To ensure that our efforts are broadly aligned with established community standards, we have adapted existing, mature classifications for receptors (International Union of Pharmacology, IUPHAR), enzymes (International Union of Biochemistry and Molecular Biology Enzyme Committee) and transcription factors (TFClass). On the technical level we make extensive use of open web technologies and application programming interfaces to ensure maximum interoperability with other resources. All our standard operating procedures have been extensively documented in the publications listed to facilitate replication by other resources. Consistent with emerging NIH mandates on rigor and reproducibility, we used the Research Resource Identifier (RRID) standard to identify key research resources of relevance to our study. Finally, we developed a YouTube tutorial “Visualization of the CoV transcriptional regulatory networks in the Signaling Pathways Project knowledgebase and Network Data Exchange repository” to assist researchers in the use of these resources to generate hypotheses around SARS2 infection of human cells.
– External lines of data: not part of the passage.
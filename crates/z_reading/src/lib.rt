//! The first reading of a line of a listing, what it says of labels and of what is placed, and the lines that it
//! leaves to the second one.
#![tactic(auto)]

mod draft;
mod first;
mod kept;
mod parts;
mod place;
mod reading;
mod works;

pub use draft::{Draft, FIRST_BYTE, FIRST_LOCATION, MOST_CPUS, SIZE};
pub use first::{is_doubleword, read_first};
pub use kept::{Kept, TextLine, Work};
pub use parts::{behind, field_behind, heads_in, operation_in};
pub use place::write_bytes;
pub use reading::Reading;
pub use works::Works;
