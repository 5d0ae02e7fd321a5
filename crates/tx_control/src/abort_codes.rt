//! The transaction abort codes that the machine gives by itself. TABORT gives codes above the greatest of
//! these.

/// An external interruption.
pub const EXTERNAL_INTERRUPTION: u64 = 2;
/// A program interruption.
pub const PROGRAM_INTERRUPTION: u64 = 4;
/// More lines fetched than can be kept.
pub const FETCH_OVERFLOW: u64 = 7;
/// More of storage stored into than can be kept.
pub const STORE_OVERFLOW: u64 = 8;
/// Another CPU stores into a line that was fetched.
pub const FETCH_CONFLICT: u64 = 9;
/// Another CPU accesses a line that was stored into.
pub const STORE_CONFLICT: u64 = 10;
/// An instruction that transactions do not allow.
pub const RESTRICTED_INSTRUCTION: u64 = 11;
/// A program exception that is filtered.
pub const FILTERED_EXCEPTION: u64 = 12;
/// A begin at the greatest nesting depth.
pub const NESTING_DEPTH: u64 = 13;
/// Too many requests rejected. The greatest code of the machine's own.
pub const STARVED: u64 = 255;
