//! The parts of a line: its label, its operation, and what stands behind it.
ghost use Rattle.std.specs.Prelude.{◌≡◌, ℕ, ◌≤◌, length, drop, IfSome, All};
ghost use Rattle.std.specs.List.{prefix_len};
ghost use Rattle.z_text.specs.Line.{is_blank, is_inked};
ghost use Rattle.z_text.specs.Tokens.{LiesIn};
ghost use Rattle.z_reading.specs.Listing.{label_in, first_token, operation_in, heads_in, field_behind};

use z_text::Token;

/// The label of a line, empty where there is none.
pub(crate) fn label_in<'a>(line: &'a [u8], tokens: &[Token]) -> &'a [u8]
    requires { All (LiesIn (length line.now)) tokens.now }
    ensures { result.now ≡ label_in line.now tokens.now }
{
    match tokens {
        [label, ..] => {
            if label.first == 0 {
                return &line[label.first..label.end];
            }
            &[]
        }
        [] => &[],
    }
}

/// The operation of a line, if it says something.
pub fn operation_in(tokens: &[Token]) -> Option<Token>
    ensures is { result ≡ operation_in tokens.now }
    ensures inside { (n : ℕ) → All (LiesIn n) tokens.now → IfSome result (LiesIn n) }
{
    match tokens {
        [] => None,
        [head, rest @ ..] => {
            if head.first == 0 {
                return first_token(rest);
            }
            Some(*head)
        }
    }
}

fn first_token(tokens: &[Token]) -> Option<Token>
    ensures is { result ≡ first_token tokens.now }
    ensures inside { (n : ℕ) → All (LiesIn n) tokens.now → IfSome result (LiesIn n) }
{
    match tokens {
        [] => None,
        [token, ..] => Some(*token),
    }
}

/// How many tokens stand before the operands.
pub fn heads_in(tokens: &[Token]) -> usize
    ensures { result ≡ heads_in tokens.now }
{
    match tokens {
        [] => 0,
        [head, ..] => { if head.first == 0 { 2 } else { 1 } }
    }
}

fn count_blanks(line: &[u8]) -> usize
    ensures is { result ≡ prefix_len is_blank line.now }
    ensures within { result ≤ length line.now }
{
    line.iter().take_while(|b| **b == b' ').count()
}

fn count_inked(line: &[u8]) -> usize
    ensures is { result ≡ prefix_len is_inked line.now }
    ensures within { result ≤ length line.now }
{
    line.iter().take_while(|b| **b != b' ').count()
}

/// The operands as they stand behind the end of the operation.
#[tactic(auto, using(std::proofs::lemmas::List::take_rest))]
pub fn field_behind(end: usize, line: &[u8]) -> &[u8]
    requires { end ≤ length line.now }
    ensures { result.now ≡ field_behind end line.now }
{
    let first = end + count_blanks(&line[end..]);
    let last = first + count_inked(&line[first..]);
    &line[first..last]
}

/// The tokens without so many at the front.
pub fn behind(tokens: &[Token], count: usize) -> &[Token]
    ensures is { result.now ≡ drop count tokens.now }
    ensures inside { (n : ℕ) → All (LiesIn n) tokens.now → All (LiesIn n) result.now }
{
    if count <= tokens.len() {
        return &tokens[count..];
    }
    &[]
}
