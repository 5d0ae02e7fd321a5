//! What holds of the whole table, and of every reading. Each law is the contract of a function that does
//! nothing.
ghost use Rattle.std.specs.Prelude.{◌≡◌, ◌<◌, ℕ, List, length, get_or, true, nat_eq, ◌≤◌, All};
ghost use Rattle.std.specs.Prelude.{◌↔◌, Some, None, ◌*◌, ◌%◌, ◌^◌};
ghost use Rattle.std.specs.List.{list_any};
ghost use Rattle.z_instr.specs.Operands.{Span, IsSmall, pieces, spans, HoldsByteOf};
ghost use Rattle.z_instr.specs.Kinds.{operands_of, demand_of};
ghost use Rattle.z_instr.specs.Table.{table, row_count, entry_at, kind_at};
ghost use Rattle.z_instr.specs.Layout.{length_by, form_length, place, room};
ghost use Rattle.z_instr.specs.Facts.{has_fitting_name, is_refused_alike, has_two_lists, is_service, is_begin};
ghost use Rattle.z_instr.specs.Layouts.{layout_of, is_whole, taken, spelled, width};
ghost use Rattle.z_instr.specs.Ranges.{is_within, byte, half};
ghost use Rattle.z_instr.specs.Places.{HasOpcode, opcode_at};
ghost use Rattle.z_instr.specs.Reading.{AreBytes, AreSame, Reads};
ghost use Rattle.z_instr.specs.Computing.{reading_of};
ghost use Rattle.z_instr.specs.declared.instr.Instr.{Instr};
ghost use Rattle.z_instr.specs.declared.layout.Digit.{Digit};
ghost use Rattle.z_instr.specs.declared.table.TheConstants.{ROWS};

/// The code's number of rows is that of the defined table, which has as many as is written beside it.
pub fn rows_are_counted()
    ensures all { ROWS ≡ length table }
    ensures number { length table ≡ row_count }
{}

/// No two rows have one name, and no bytes have the opcodes of two rows in their places.
pub fn rows_are_distinct()
    ensures names { (m n : ℕ) → m < ROWS → n < ROWS → (entry_at m).name ≡ (entry_at n).name → m ≡ n }
    ensures opcodes { (m n : ℕ) (bytes : List ℕ) → m < ROWS → n < ROWS → AreBytes bytes →
        HasOpcode (entry_at m) bytes → HasOpcode (entry_at n) bytes → m ≡ n }
{}

/// Each name has one to eight ASCII letters, each opcode fits its place, and what every transaction refuses
/// is not permitted in constrained ones.
pub fn rows_are_sound()
    ensures names { (n : ℕ) → n < ROWS → has_fitting_name (entry_at n) ≡ true }
    ensures opcodes { (n : ℕ) → n < ROWS → (entry_at n).opcode < room (place (entry_at n).form) }
    ensures refused { (n : ℕ) → n < ROWS → is_refused_alike (entry_at n) ≡ true }
{}

/// The operands in storage that an operation touches, and what it demands, are those of its kind.
pub fn columns_follow_from_kinds()
    ensures operands { (n : ℕ) → n < ROWS → (entry_at n).operands ≡ operands_of (kind_at n) }
    ensures demands { (n : ℕ) → n < ROWS → (entry_at n).demand ≡ demand_of (kind_at n) }
{}

/// No list has two readings, no instruction is read from two lists, and what has a reading is a list of
/// bytes, as long as its first byte says.
pub fn readings_are_unique()
    ensures instruction { (bytes : List ℕ) (i j : Instr) → Reads bytes i → Reads bytes j → AreSame i j }
    ensures bytes { (some others : List ℕ) (i : Instr) → Reads some i → Reads others i → some ≡ others }
    ensures list { (bytes : List ℕ) (i : Instr) → Reads bytes i → AreBytes bytes }
    ensures length { (bytes : List ℕ) (i : Instr) → Reads bytes i →
        length bytes ≡ length_by (get_or bytes 0 0) }
{}

/// The pages, lines, blocks or octowords of a range are exactly those that hold a byte of it.
pub fn pieces_hold_bytes()
    ensures held { (size : ℕ) (s : Span) (piece : ℕ) → 0 < size → 0 < s.length →
        list_any (nat_eq piece) (pieces size s) ≡ true → HoldsByteOf size s piece }
    ensures all { (size : ℕ) (s : Span) (piece : ℕ) → 0 < size → 0 < s.length → HoldsByteOf size s piece →
        list_any (nat_eq piece) (pieces size s) ≡ true }
{}

/// The immediate of an instruction on two lists of bytes, and of a service call, is from 0 to 255; that of a
/// begin is from 0 to 65535.
pub fn immediates_are_plain()
    ensures lists { (i : Instr) → has_two_lists (entry_at i.op.number).operands ≡ true →
        is_within byte i.imm ≡ true }
    ensures services { (i : Instr) → is_service (entry_at i.op.number).demand ≡ true →
        is_within byte i.imm ≡ true }
    ensures begins { (i : Instr) → is_begin (entry_at i.op.number).demand ≡ true →
        is_within half i.imm ≡ true }
{}

/// An instruction has at most two operands in storage, each of 1 to 256 bytes.
pub fn operands_are_small()
    ensures count { (i : Instr) (general : List ℕ) (code : ℕ) → length (spans i general code) ≤ 2 }
    ensures size { (i : Instr) (general : List ℕ) (code : ℕ) → All IsSmall (spans i general code) }
{}

/// Instructions of one operation with the same fields are one instruction.
pub fn fields_make_instructions()
    ensures { (i j : Instr) → AreSame i j → i ≡ j }
{}

/// The computed reading of a list is an instruction exactly where the list reads as it, and there is none
/// exactly where the list reads as no instruction.
pub fn reading_computes()
    ensures there { (bytes : List ℕ) (i : Instr) → Reads bytes i → reading_of bytes ≡ Some i }
    ensures reads { (bytes : List ℕ) (i : Instr) → reading_of bytes ≡ Some i → Reads bytes i }
    ensures none { (bytes : List ℕ) → (reading_of bytes ≡ None) ↔ ((i : Instr) → Reads bytes i → ⊥) }
{}

/// Each field stands whole and once in the layout of a row, two digits of it make a byte, and the opcode that bytes
/// have in its place is the one that these digits hold.
pub fn layouts_are_whole()
    ensures whole { (n : ℕ) → n < ROWS → is_whole (layout_of (entry_at n)) ≡ true }
    ensures length { (n : ℕ) → n < ROWS →
        length (layout_of (entry_at n)) ≡ 2 * form_length (entry_at n).form }
    ensures opcodes { (n : ℕ) (bytes : List ℕ) → n < ROWS →
        opcode_at (place (entry_at n).form) bytes ≡ taken (layout_of (entry_at n)) bytes 0 }
{}

/// What is spelled by a whole layout holds each field's number, as many bits of it as the layout has.
pub fn layouts_keep_fields()
    ensures { (ds : List Digit) (v : ℕ → ℕ) (r : ℕ) → is_whole ds ≡ true → r < 12 →
        taken ds (spelled ds v) r ≡ v r % 16 ^ width ds r }
{}
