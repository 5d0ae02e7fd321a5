//! The instructions of the machine: their table, their fields, and how their bytes are read. Names, formats,
//! opcodes and operands are those of z/Architecture, as its Principles of Operation gives them; which
//! operations transactions refuse is this machine's choice.
#![tactic(auto)]

pub mod addresses;
pub mod form;
pub mod format;
pub mod instr;
pub mod kind;
pub mod laws;
pub mod layout;
pub mod limits;
pub mod lookup;
pub mod name;
pub mod op;
pub mod operand;
pub mod roles;
pub mod row;
pub mod table;
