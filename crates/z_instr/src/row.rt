//! The rows of the instruction table.

use crate::format::Format;
use crate::name::Name;

/// A row: the mnemonic and the opcode of an operation, its format, whether every transaction refuses it
/// (`restricted`), and whether constrained transactions may have it (`permitted`). SAR is refused only where
/// changes of access registers are not allowed, so it is not `restricted`.
#[derive(Drop)]
pub struct Row {
    pub name: Name,
    pub opcode: u16,
    pub format: Format,
    pub restricted: bool,
    pub permitted: bool,
}
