//! Placing bytes in storage.
ghost use Rattle.std.specs.Prelude.{◌≡◌, ◌≤◌, ◌<◌, ◌+◌, length, true, OnOk};
ghost use Rattle.std.specs.List.{list_any};
ghost use Rattle.z_reading.specs.Listing.{plan_of, placed, written, started};
ghost use Rattle.z_fields.specs.Steps.{Gives};
ghost use Rattle.z_reading.specs.Text.{write_at, copies};
ghost use Rattle.z_regs.specs.Prefix.{storage_size};

use crate::draft::{Draft, FIRST_BYTE, SIZE};
use z_fields::{Kind, LineFault};

fn is_any(marks: &[bool]) -> bool
    ensures { result ≡ list_any (λ b. b) marks.now }
{
    marks.iter().any(|b| *b)
}

/// Writes bytes over those from a place on.
#[tactic(auto, unfolding(crate::specs::Text::write_at))]
pub fn write_bytes(storage: &mut Vec<u8>, at: usize, bytes: &[u8])
    requires { at + length bytes.now ≤ length storage.old.items }
    ensures is { storage.new.items ≡ write_at at bytes.now storage.old.items }
    ensures length { length storage.new.items ≡ length storage.old.items }
{
    storage[at..at + bytes.len()].copy_from_slice(bytes);
}

#[tactic(auto, unfolding(crate::specs::Text::write_at, crate::specs::Text::copies))]
fn mark(taken: &mut Vec<bool>, at: usize, count: usize)
    requires { at + count ≤ length taken.old.items }
    ensures is { taken.new.items ≡ write_at at (copies count true) taken.old.items }
    ensures length { length taken.new.items ≡ length taken.old.items }
{
    taken[at..at + count].fill(true);
}

/// Places so many bytes at the location, and goes on behind them.
#[tactic(auto, unfolding(crate::specs::Listing::placed))]
pub(crate) fn place(draft: &mut Draft, count: usize) -> Result<(), LineFault>
    ensures gives { Gives result (placed count (plan_of draft.old)) (plan_of draft.new) }
    ensures room { OnOk result (draft.old.here + count ≤ storage_size) }
    ensures text { draft.new.works.text ≡ draft.old.works.text }
{
    let first = draft.here;
    if 0 < count && (first < FIRST_BYTE || SIZE - first < count) {
        return Err(LineFault::Failed(Kind::OutOfRange));
    }
    let end = first + count;
    if is_any(&draft.taken[first..end]) {
        return Err(LineFault::Failed(Kind::Overlap));
    }
    mark(&mut draft.taken, first, count);
    draft.here = end;
    Ok(())
}

/// Places bytes at the location, and writes them.
#[tactic(auto, unfolding(crate::specs::Listing::written))]
pub(crate) fn write(draft: &mut Draft, bytes: &[u8]) -> Result<(), LineFault>
    ensures gives { Gives result (written bytes.now (plan_of draft.old)) (plan_of draft.new) }
    ensures text { draft.new.works.text ≡ draft.old.works.text }
{
    let first = draft.here;
    place(draft, bytes.len())?;
    write_bytes(&mut draft.storage, first, bytes);
    Ok(())
}

/// Places the bytes of an instruction at the location, which has to be even.
#[tactic(auto, unfolding(crate::specs::Listing::started))]
pub(crate) fn start(draft: &mut Draft, count: usize) -> Result<(), LineFault>
    requires some { 0 < count }
    requires few { count ≤ 6 }
    ensures gives { Gives result (started count (plan_of draft.old)) (plan_of draft.new) }
    ensures room { OnOk result (draft.old.here + count ≤ storage_size) }
    ensures text { draft.new.works.text ≡ draft.old.works.text }
{
    let first = draft.here;
    if first % 2 == 1 {
        return Err(LineFault::Failed(Kind::OutOfRange));
    }
    place(draft, count)?;
    draft.begins[first] = true;
    Ok(())
}
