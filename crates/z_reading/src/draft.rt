//! What the first reading of the lines leaves.
ghost use Rattle.std.specs.Prelude.{◌≡◌, ◌≤◌, length};
ghost use Rattle.z_regs.specs.Prefix.{storage_size};

use crate::works::Works;
use z_text::Labels;

/// The bytes of storage.
pub const SIZE: usize = 1_048_576;

/// The first byte that may be placed or shown.
pub const FIRST_BYTE: usize = 8_192;

/// Where the location begins.
pub const FIRST_LOCATION: usize = 16_384;

/// The most CPUs.
pub const MOST_CPUS: u32 = 16;

/// What the lines so far have made.
#[derive(Drop)]
pub struct Draft<'a> {
    /// The location.
    pub here: usize,
    /// The labels and their values.
    pub labels: Labels,
    /// The bytes of storage.
    pub storage: Vec<u8>,
    /// Which bytes are placed.
    pub taken: Vec<bool>,
    /// Where instructions start.
    pub begins: Vec<bool>,
    /// Whether END was there.
    pub ended: bool,
    /// How many CPU lines there are.
    pub cpus: u32,
    /// The lines that are read again.
    pub works: Works<'a>,
    ghost within: { here ≤ storage_size },
    ghost bytes: { length storage.items ≡ storage_size },
    ghost marks: { length taken.items ≡ storage_size },
    ghost starts: { length begins.items ≡ storage_size },
    ghost few: { cpus ≤ 16 },
}
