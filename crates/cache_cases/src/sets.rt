//! A worked set.
ghost use Rattle.std.specs.Prelude.{◌≡◌, length};

use bit_set::BitSet;
use std::alloc::{AllocError, Global};
use std::test::Fail;

/// The next numbers from four places on, whether five runs are there, and how long those from five places on are in their words.
type Found = ([Option<usize>; 4], [bool; 5], [usize; 5]);

/// What is found in a set of a number and two runs.
fn find(set: &mut BitSet) -> Found
    requires { length set.old ≡ 192 }
{
    set.insert(5);
    set.insert_run(62, 66);
    set.insert_in_word(190, 192);
    let found = [
        set.next(6, 192),
        set.next(65, 191),
        set.next(66, 190),
        set.next(66, 192),
    ];
    let whole = [
        set.has_run(62, 66),
        set.has_run(63, 65),
        set.has_run(61, 66),
        set.has_run(62, 67),
        set.has_run(191, 192),
    ];
    let long = [
        set.run_from(5),
        set.run_from(62),
        set.run_from(64),
        set.run_from(66),
        set.run_from(191),
    ];
    (found, whole, long)
}

/// The same in a set that is opened.
fn found(alloc: Global) -> Result<Found, AllocError> {
    let mut set = BitSet::open(alloc, 3)?;
    Ok(find(&mut set))
}

#[test]
fn finds_what_was_added(rt: HostRuntime) -> Result<(), Fail> {
    let told = found(rt.alloc())?;
    let next = [Some(62), Some(65), None, Some(190)];
    let whole = [true, true, false, false, true];
    assert_eq!(rt; told, (next, whole, [1, 2, 2, 0, 1]));
    Ok(())
}

/// Whether a set is the same as an empty one before that is a copy of it and behind; whether that has two numbers once one is
/// taken away and the other put; and the first number of it once it is cleared.
type Held = ([bool; 4], Option<usize>);

/// What is held of a set of one number, and of another one.
fn hold(set: &mut BitSet, other: &mut BitSet) -> Held
    requires size { length set.old ≡ 192 }
    requires other { length other.old ≡ 192 }
{
    set.insert(191);
    let before = set.same(other);
    other.copy_from(set);
    let behind = set.same(other);
    other.put(191, false);
    other.put(7, true);
    let held = [before, behind, other.has(191), other.has(7)];
    other.clear();
    (held, other.next(0, 192))
}

/// The same of sets that are opened.
fn held(alloc: Global) -> Result<Held, AllocError> {
    let mut set = BitSet::open(alloc, 3)?;
    let mut other = BitSet::open(alloc, 3)?;
    Ok(hold(&mut set, &mut other))
}

#[test]
fn copies_puts_and_clears(rt: HostRuntime) -> Result<(), Fail> {
    let told = held(rt.alloc())?;
    assert_eq!(rt; told, ([false, true, false, true], None));
    Ok(())
}
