//! The instruction table: one row for each instruction, in the order of the opcodes.

ghost use Rattle.std.specs.Prelude.{◌≡◌};

use crate::form::Form;
use crate::kind::{
    Branch, Combination, General, Kind, Logic, Operation, Order, Part, Place, Source, Storage,
    Transaction,
};
use crate::operand::Size;
use z_arith::{Shift, Width};

/// Who may have an operation.
#[derive(Clone, Copy, PartialEq, Eq)]
pub enum Use {
    /// Every transaction.
    Free,
    /// Those alone that are not constrained.
    Barred,
    /// No transaction.
    Restricted,
}

/// A row as the table keeps it. The name is the first `count` of the letters, and blanks follow it.
#[derive(Clone, Copy)]
pub struct Line {
    pub letters: [u8; 8],
    pub count: u8,
    pub opcode: u16,
    /// The manual's name of the format; the format without its letter follows from it.
    pub form: Form,
    pub usage: Use,
    /// What the operation does; the operands in storage that it touches and what it demands follow from this.
    pub kind: Kind,
}

const BYTE: Part = Part::Plain(Size::Byte);

const HALFWORD: Part = Part::Plain(Size::Halfword);

const WORD: Part = Part::Plain(Size::Word);

const DOUBLEWORD: Part = Part::Plain(Size::Doubleword);

const SIGNED_HALFWORD: Part = Part::Signed(Size::Halfword);

const SIGNED_WORD: Part = Part::Signed(Size::Word);

const BYTE_OF_R2: Source = Source::Second(Part::Plain(Size::Byte));

const HALFWORD_OF_R2: Source = Source::Second(Part::Plain(Size::Halfword));

const WORD_OF_R2: Source = Source::Second(Part::Plain(Size::Word));

const R2: Source = Source::Second(Part::Plain(Size::Doubleword));

const SIGNED_HALFWORD_OF_R2: Source = Source::Second(Part::Signed(Size::Halfword));

const SIGNED_WORD_OF_R2: Source = Source::Second(Part::Signed(Size::Word));

const AND: Operation = Operation::Logic(Logic::And);

const OR: Operation = Operation::Logic(Logic::Or);

const EXCLUSIVE_OR: Operation = Operation::Logic(Logic::ExclusiveOr);

impl Use {
    ghost use Rattle.z_instr.specs.Table.{is_restricted, is_permitted};

    /// Whether every transaction refuses the operation.
    pub fn is_restricted(self) -> bool
        ensures { result ≡ is_restricted self }
    {
        self == Use::Restricted
    }

    /// Whether constrained transactions may have it.
    pub fn is_permitted(self) -> bool
        ensures { result ≡ is_permitted self }
    {
        self == Use::Free
    }
}

/// A kind: who executes the operation, and what it does.
macro_rules! kind {
    (general $kind:ident $(($($argument:expr),+))?) => {
        Kind::General(General::$kind $(($($argument),+))?)
    };
    (storage $kind:ident $(($($argument:expr),+))?) => {
        Kind::Storage(Storage::$kind $(($($argument),+))?)
    };
    (branch $kind:ident $(($($argument:expr),+))?) => {
        Kind::Branch(Branch::$kind $(($($argument),+))?)
    };
    (transaction $kind:ident) => {
        Kind::Transaction(Transaction::$kind)
    };
}

/// A row: its name and how many letters that has, its opcode and form, who may have it, and its kind.
macro_rules! line {
    ($letters:literal $count:literal => $opcode:literal $form:ident, $use:ident, $($kind:tt)+) => {
        Line {
            letters: *$letters,
            count: $count,
            opcode: $opcode,
            form: Form::$form,
            usage: Use::$use,
            kind: kind!($($kind)+),
        }
    };
}

/// How many rows the table has.
pub const ROWS: u16 = 188;
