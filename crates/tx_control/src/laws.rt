//! Laws of codes, each the contract of a function that does nothing.
ghost use Rattle.std.specs.Prelude.{◌≡◌};
ghost use Rattle.tx_control.specs.AbortCodes as defined;
ghost use Rattle.tx_control.specs.Codes.{operation_code, protection_code, addressing_code, specification_code};
ghost use Rattle.tx_control.specs.Codes.{fixed_point_overflow_code, fixed_point_divide_code};
ghost use Rattle.tx_control.specs.Codes.{special_operation_code, transaction_constraint_code};
ghost use Rattle.tx_control.specs.declared.abort_codes.TheConstants as abort;
ghost use Rattle.tx_control.specs.declared.codes.TheConstants as exception;

/// The abort codes of the code are those of the definitions.
pub fn abort_codes_are_the_defined_ones()
    ensures external { abort.EXTERNAL_INTERRUPTION ≡ defined.external_interruption }
    ensures program { abort.PROGRAM_INTERRUPTION ≡ defined.program_interruption }
    ensures fetch_overflow { abort.FETCH_OVERFLOW ≡ defined.fetch_overflow }
    ensures store_overflow { abort.STORE_OVERFLOW ≡ defined.store_overflow }
    ensures fetch_conflict { abort.FETCH_CONFLICT ≡ defined.fetch_conflict }
    ensures store_conflict { abort.STORE_CONFLICT ≡ defined.store_conflict }
    ensures restricted { abort.RESTRICTED_INSTRUCTION ≡ defined.restricted_instruction }
    ensures filtered { abort.FILTERED_EXCEPTION ≡ defined.filtered_exception }
    ensures depth { abort.NESTING_DEPTH ≡ defined.nesting_depth }
    ensures starved { abort.STARVED ≡ defined.starved }
{}

/// The interruption codes of the code are those of the definitions.
pub fn exception_codes_are_the_defined_ones()
    ensures operation { exception.OPERATION ≡ operation_code }
    ensures protection { exception.PROTECTION ≡ protection_code }
    ensures addressing { exception.ADDRESSING ≡ addressing_code }
    ensures specification { exception.SPECIFICATION ≡ specification_code }
    ensures overflow { exception.FIXED_POINT_OVERFLOW ≡ fixed_point_overflow_code }
    ensures divide { exception.FIXED_POINT_DIVIDE ≡ fixed_point_divide_code }
    ensures special { exception.SPECIAL_OPERATION ≡ special_operation_code }
    ensures constraint { exception.TRANSACTION_CONSTRAINT ≡ transaction_constraint_code }
{}
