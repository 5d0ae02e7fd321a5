//! Rows by operations and by names, and kinds by operations.
ghost use Rattle.std.specs.Prelude.{◌≡◌, ◌<◌, ◌≤◌, ℕ, IfSome, IfNone, take};
ghost use Rattle.std.specs.Str.{IsAscii};
ghost use Rattle.z_instr.specs.Table.{entry_at, kind_at};
ghost use Rattle.z_instr.specs.Layout.{place, room};
ghost use Rattle.z_instr.specs.declared.table.TheConstants.{ROWS};
ghost use Rattle.z_instr.specs.Lines.{entry_of, row_of};

use crate::format::format_of;
use crate::kind::Kind;
use crate::name::Name;
use crate::op::Op;
use crate::row::Row;
use crate::table::{Line, ROWS, TABLE};

/// The line of an operation: its row and the further columns of the table.
pub fn line(op: Op) -> Line
    ensures row { entry_of result ≡ entry_at op.number }
    ensures count { result.count ≤ 8 }
    ensures ascii { IsAscii (take result.count result.letters) }
    ensures room { result.opcode < room (place result.form) }
{
    TABLE[op.number as usize]
}

/// What an operation does, where the table has it.
pub fn kind_in(op: Op) -> &'static Kind
    ensures { result.now ≡ kind_at op.number }
{
    &TABLE[op.number as usize].kind
}

/// What an operation does.
pub fn kind_of(op: Op) -> Kind
    ensures { result ≡ kind_at op.number }
{
    *kind_in(op)
}

/// The row of an operation.
pub fn row(op: Op) -> Row
    ensures { result ≡ row_of (entry_at op.number) }
{
    let line = line(op);
    Row {
        name: Name::new(line.letters, line.count),
        opcode: line.opcode,
        format: format_of(line.form),
        restricted: line.usage.is_restricted(),
        permitted: line.usage.is_permitted(),
    }
}

/// The operation of a mnemonic, in upper case; None exactly where no row has that name.
pub fn find(name: &[u8]) -> Option<Op>
    ensures found { IfSome result (λ op. (entry_at op.number).name ≡ name.now) }
    ensures none { IfNone result ((n : ℕ) → n < ROWS → (entry_at n).name ≡ name.now → ⊥) }
{
    for number in 0..ROWS {
        let line = line(Op { number });
        if Name::new(line.letters, line.count).bytes() == name {
            return Some(Op { number });
        }
    }
    None
}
To maximize community engagement of our work, we made our networks freely available to the research community in the Network Data Exchange (NDEx) repository and the SPP knowledgebase. Individual networks can be browsed in NDEx in point and click Cytoscape-style interfaces (Image A&B). The integration in NDEx of the popular Cytoscape desktop application enables any network to be seamlessly be imported in Cytoscape for additional analysis. Target transcript symbols in NDEx networks link to SPP transcriptomic Regulation Reports in which clicking on a data point opens a Fold Change Information window (Image, C) that links to the SPP curated version of the original archived dataset (Image, D). Like all SPP datasets, SARS2 infection datasets are comprehensively aligned with FAIR data best practice and feature human-readable names and descriptions, a DOI, one-click addition to citation managers, and machine-readable downloadable data files. Reflecting the impact of our work on the research community, the resulting publication is in the Altmetric 98th %ile. We hope that our work is an inspiration to junior data scientists and has raised awareness among basic scientists as to the inherent and enduring value of dataset re-use.